Nicole

Kelly Abrams

nicole

The air was crisp, and winter was finally settling in. The air smelled of snow, though I knew it would never come. Because my friend had been admitted to the hospital the night before, I’d slept at my mother’s side, holding her hand. As dawn crept over the night sky, sleep had finally overcome me.

“Ring­ring, ring­ring.” It must be them, I thought, waking. Nicole’s been released from the hospital and everything’s going to be okay. As I waited for the news, my heart raced, my pulse surged. My mom talked so quietly, I couldn’t hear. But I could hear her cry, and while she spoke for only minutes, it felt like an eternity.

The past five years flashed through my mind. From the first time Nicole and I met, to the many trips to Disney World we experienced together. Those years were filled with laughter. I never saw her limitations. Nicole had been born with Spina Bifida. At birth she was given little, to no ­life expectancy. But her parents never gave up on her. She was bound to a wheelchair and needed the assistance of a ventilator for every breath, but she was alive and she thrived.

Because she was on a ventilator, she could not talk, but until she lost most of the movement in her arms, she could sign. After meeting her at the age of seven, I learned sign language for her. She would constantly ask to come over to my house and “play movie pick one,” a game we invented to help choose what movie we were going to watch.

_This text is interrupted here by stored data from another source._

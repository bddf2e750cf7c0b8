//! The counts of a server.

use crate::client::Passed;
use crate::counts::Counts;
use crate::histogram::Histogram;
use server_words::{
    AnsweredWords, Descriptors, Report, ServerFigures, ServerSettings, ServerWord, answer,
};
use settings::Dialect;
use std::alloc::Global;
use std::collections::BTreeMap;
use std::sync::atomic::{AtomicBool, AtomicI64, AtomicU64, Ordering};
use std::sync::{Arc, Mutex, Wait};
use std::time::{Clock, Instant};
use values::{Listed, NoMemory, Str, Text};

/// What the hub knows after a turn.
#[derive(Clone, Copy, Debug, PartialEq, Eq)]
pub struct EngineFigures {
    /// Whether clients are served.
    pub serving: bool,
    /// The last zxid.
    pub zxid: i64,
    /// The paths in the tree.
    pub paths: u64,
    pub watches: u64,
    /// The pairs of a session and an ephemeral node.
    pub pairs: u64,
    /// The sessions of the ensemble.
    pub sessions: u64,
    /// The transactions that are kept since the base.
    pub log: u64,
}

/// What a turn of the hub was.
#[derive(Clone, Copy, Debug, PartialEq, Eq)]
pub struct TurnFigures {
    /// The microseconds that it took.
    pub took: u64,
    /// Whether the leader was heard.
    pub heard: bool,
}

/// What a server tells of itself at any time.
pub struct TallySettings {
    /// The version of ZooKeeper that it answers for, and its own.
    pub version: Text,
    pub dialect: Dialect,
    pub settings: ServerSettings,
    /// The words that are answered.
    pub words: AnsweredWords,
}

impl Drop for TallySettings {
    fn drop(self) {
        let TallySettings {
            version,
            dialect: _,
            settings: _,
            words,
        } = self;
        drop(version);
        drop(words);
    }
}

/// What all threads of a server count.
pub struct Tally {
    start: Option<Instant>,
    told: TallySettings,
    pub(crate) counts: Counts,
    pub(crate) connections: AtomicU64,
    pub(crate) clients: Mutex<BTreeMap<u64, Arc<Passed, Global>>>,
    serving: AtomicBool,
    zxid: AtomicI64,
    paths: AtomicU64,
    watches: AtomicU64,
    pairs: AtomicU64,
    rejected: AtomicU64,
    sessions: AtomicU64,
    pub(crate) log: AtomicU64,
    // The descriptors of the process; none are open while the system hasn't told.
    descriptors: AtomicU64,
    most_descriptors: AtomicU64,
    // The transactions that were applied.
    pub(crate) transactions: AtomicU64,
    // When the leader was last heard, and when the last turn ended, in microseconds since the start.
    pub(crate) heard: AtomicU64,
    pub(crate) turned: AtomicU64,
    pub(crate) answers: Histogram,
    pub(crate) turns: Histogram,
}

impl Drop for Tally {
    fn drop(self) {
        let Tally {
            start: _,
            told,
            counts,
            connections,
            clients,
            serving,
            zxid,
            paths,
            watches,
            pairs,
            rejected,
            sessions,
            log,
            descriptors,
            most_descriptors,
            transactions,
            heard,
            turned,
            answers,
            turns,
        } = self;
        drop(told);
        drop(counts);
        drop(connections);
        drop(clients);
        drop(serving);
        drop(zxid);
        drop(paths);
        drop(watches);
        drop(pairs);
        drop(rejected);
        drop(sessions);
        drop(log);
        drop(descriptors);
        drop(most_descriptors);
        drop(transactions);
        drop(heard);
        drop(turned);
        drop(answers);
        drop(turns);
    }
}

// How many transactions lead from a zxid to a later one: within an epoch each has the next zxid, and the first of an
// epoch has counter 1.
fn transactions_between(before: i64, after: i64) -> u64 {
    let before = before.cast_unsigned();
    let after = after.cast_unsigned();
    if before >> 32 == after >> 32 {
        after.saturating_sub(before)
    } else {
        after & 0xffff_ffff
    }
}

impl Tally {
    /// Begins to count. Clients aren't served yet.
    pub fn new<T: Clock>(rt: &T, alloc: Global, told: TallySettings) -> Tally {
        Tally {
            start: Instant::now(rt).ok(),
            told,
            counts: Counts::new(),
            connections: AtomicU64::new(0),
            clients: Mutex::new(BTreeMap::new(alloc)),
            serving: AtomicBool::new(false),
            zxid: AtomicI64::new(0),
            paths: AtomicU64::new(0),
            watches: AtomicU64::new(0),
            pairs: AtomicU64::new(0),
            rejected: AtomicU64::new(0),
            sessions: AtomicU64::new(0),
            log: AtomicU64::new(0),
            descriptors: AtomicU64::new(0),
            most_descriptors: AtomicU64::new(0),
            transactions: AtomicU64::new(0),
            heard: AtomicU64::new(0),
            turned: AtomicU64::new(0),
            answers: Histogram::new(),
            turns: Histogram::new(),
        }
    }

    // Counts the transactions that were applied since the last figures. While a leader brings the server up to date the
    // log tells how many, since the zxid may leap; while clients are served the zxid, since the log may be emptied.
    fn count_transactions(&self, figures: EngineFigures) {
        let count = if figures.serving && self.serving.load(Ordering::SeqCst) {
            transactions_between(self.zxid.load(Ordering::SeqCst), figures.zxid)
        } else {
            figures.log.saturating_sub(self.log.load(Ordering::SeqCst))
        };
        self.transactions.fetch_add(count, Ordering::SeqCst);
    }

    /// Counts a turn of the hub, which has just ended.
    pub fn turn<T: Clock>(&self, rt: &T, figures: TurnFigures) {
        let now = self.microseconds(rt);
        self.turned.store(now, Ordering::SeqCst);
        self.turns.add(figures.took);
        if figures.heard {
            self.heard.store(now, Ordering::SeqCst);
        }
    }

    /// Counts a connection that was closed at once, for want of a place.
    pub fn reject(&self) {
        self.rejected.fetch_add(1, Ordering::SeqCst);
    }

    /// How many connections were closed at once.
    pub fn rejected(&self) -> u64 {
        self.rejected.load(Ordering::SeqCst)
    }

    /// Stores what the hub knows.
    pub fn store(&self, figures: EngineFigures) {
        self.count_transactions(figures);
        self.serving.store(figures.serving, Ordering::SeqCst);
        self.zxid.store(figures.zxid, Ordering::SeqCst);
        self.paths.store(figures.paths, Ordering::SeqCst);
        self.watches.store(figures.watches, Ordering::SeqCst);
        self.pairs.store(figures.pairs, Ordering::SeqCst);
        self.sessions.store(figures.sessions, Ordering::SeqCst);
        self.log.store(figures.log, Ordering::SeqCst);
    }

    /// Stores what the system told of the process.
    pub fn store_descriptors(&self, descriptors: Descriptors) {
        self.most_descriptors
            .store(descriptors.most, Ordering::SeqCst);
        self.descriptors.store(descriptors.count, Ordering::SeqCst);
    }

    // The descriptors of the process, if the system has told.
    fn descriptors(&self) -> Option<Descriptors> {
        match self.descriptors.load(Ordering::SeqCst) {
            0 => None,
            count => Some(Descriptors {
                count,
                most: self.most_descriptors.load(Ordering::SeqCst),
            }),
        }
    }

    /// The microseconds since the start. While the clock can't be read, none have passed.
    pub fn microseconds<T: Clock>(&self, rt: &T) -> u64 {
        match (self.start, Instant::now(rt)) {
            (Some(start), Ok(now)) => {
                u64::try_from(now.duration_since(start).as_micros()).unwrap_or(u64::MAX)
            }
            _ => 0,
        }
    }

    pub(crate) fn figures<T: Clock>(&self, rt: &T) -> ServerFigures {
        ServerFigures {
            serving: self.serving.load(Ordering::SeqCst),
            latency: self.counts.latency(),
            received: self.counts.received(),
            sent: self.counts.sent(),
            connections: self.connections.load(Ordering::SeqCst),
            rejected: self.rejected(),
            outstanding: self.counts.owed(),
            zxid: self.zxid.load(Ordering::SeqCst),
            paths: self.paths.load(Ordering::SeqCst),
            watches: self.watches.load(Ordering::SeqCst),
            pairs: self.pairs.load(Ordering::SeqCst),
            sessions: self.sessions.load(Ordering::SeqCst),
            uptime: self.microseconds(rt) / 1000,
            descriptors: self.descriptors(),
        }
    }

    // The connections that are open. They are listed first, so that no thread waits while their texts are made.
    fn open_clients<T: Wait>(
        &self,
        rt: &T,
        alloc: Global,
    ) -> Result<Vec<Arc<Passed, Global>>, NoMemory> {
        let mut open = Vec::new(alloc);
        let clients = self.clients.lock(rt);
        for client in clients.values() {
            open.push(Arc::try_clone(client)?)?;
        }
        Ok(open)
    }

    // Counts anew what goes through each connection.
    fn reset_clients<T: Wait>(&self, rt: &T) {
        let clients = self.clients.lock(rt);
        for client in clients.values() {
            client.counts.reset();
        }
    }

    fn listed<T: Wait>(
        &self,
        rt: &T,
        alloc: Global,
        word: ServerWord,
    ) -> Result<Vec<Arc<Passed, Global>>, NoMemory> {
        if !word.lists_clients() {
            return Ok(Vec::new(alloc));
        }
        self.open_clients(rt, alloc)
    }

    // The answer to a word, with these clients listed.
    fn text<T: Clock>(
        &self,
        rt: &T,
        alloc: Global,
        word: ServerWord,
        open: &[Arc<Passed, Global>],
    ) -> Result<Vec<u8>, NoMemory> {
        let mut clients = Vec::with_capacity(alloc, open.len())?;
        for client in open {
            clients.push(client.figures())?;
        }
        let report = Report {
            version: Str::new(self.told.version.as_str()),
            dialect: self.told.dialect,
            figures: self.figures(rt),
            settings: self.told.settings,
            clients: Listed::from_vec(clients),
        };
        let mut text = Vec::new(alloc);
        answer(word, &report, &mut text)?;
        Ok(text)
    }

    /// The answer to a word, or None if it isn't answered. Does what the word asks for.
    pub(crate) fn answer<T: Wait + Clock>(
        &self,
        rt: &T,
        alloc: Global,
        word: ServerWord,
    ) -> Result<Option<Vec<u8>>, NoMemory> {
        if !self.told.words.has(word) {
            return Ok(None);
        }
        self.counts.note_word();
        let open = self.listed(rt, alloc, word)?;
        let text = self.text(rt, alloc, word, open.as_slice())?;
        match word {
            ServerWord::Crst => self.reset_clients(rt),
            ServerWord::Srst => self.counts.reset(),
            _ => {}
        }
        Ok(Some(text))
    }
}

Every day was taken in stride. Her parents included her in everything­­, from going to school on a daily basis, to taking a cruise to the Bahamas. Nothing held her, or them, back.

Multiple times throughout the years, Nicole had stared death in the face. On countless occasions, even with the assistance of the ventilator, she’d stopped breathing, her heart had stopped. Each time, her parents, her doctors, her spirit, brought her back. But on that cold, December day, there was no saving Nicole.

Finally, my mom hung up the phone. The world moved in slow motion. As she tried to collect her composure and tell me the news, all I could hear was my heart pounding and my mother sobbing. I could not breathe. I knew. But still, I held onto the hope that everything was going to be okay.

Then, the quiet. The breath. And in ragged, choked words, that will forever echo through my head, my mother said, Nicole is gone. She is gone.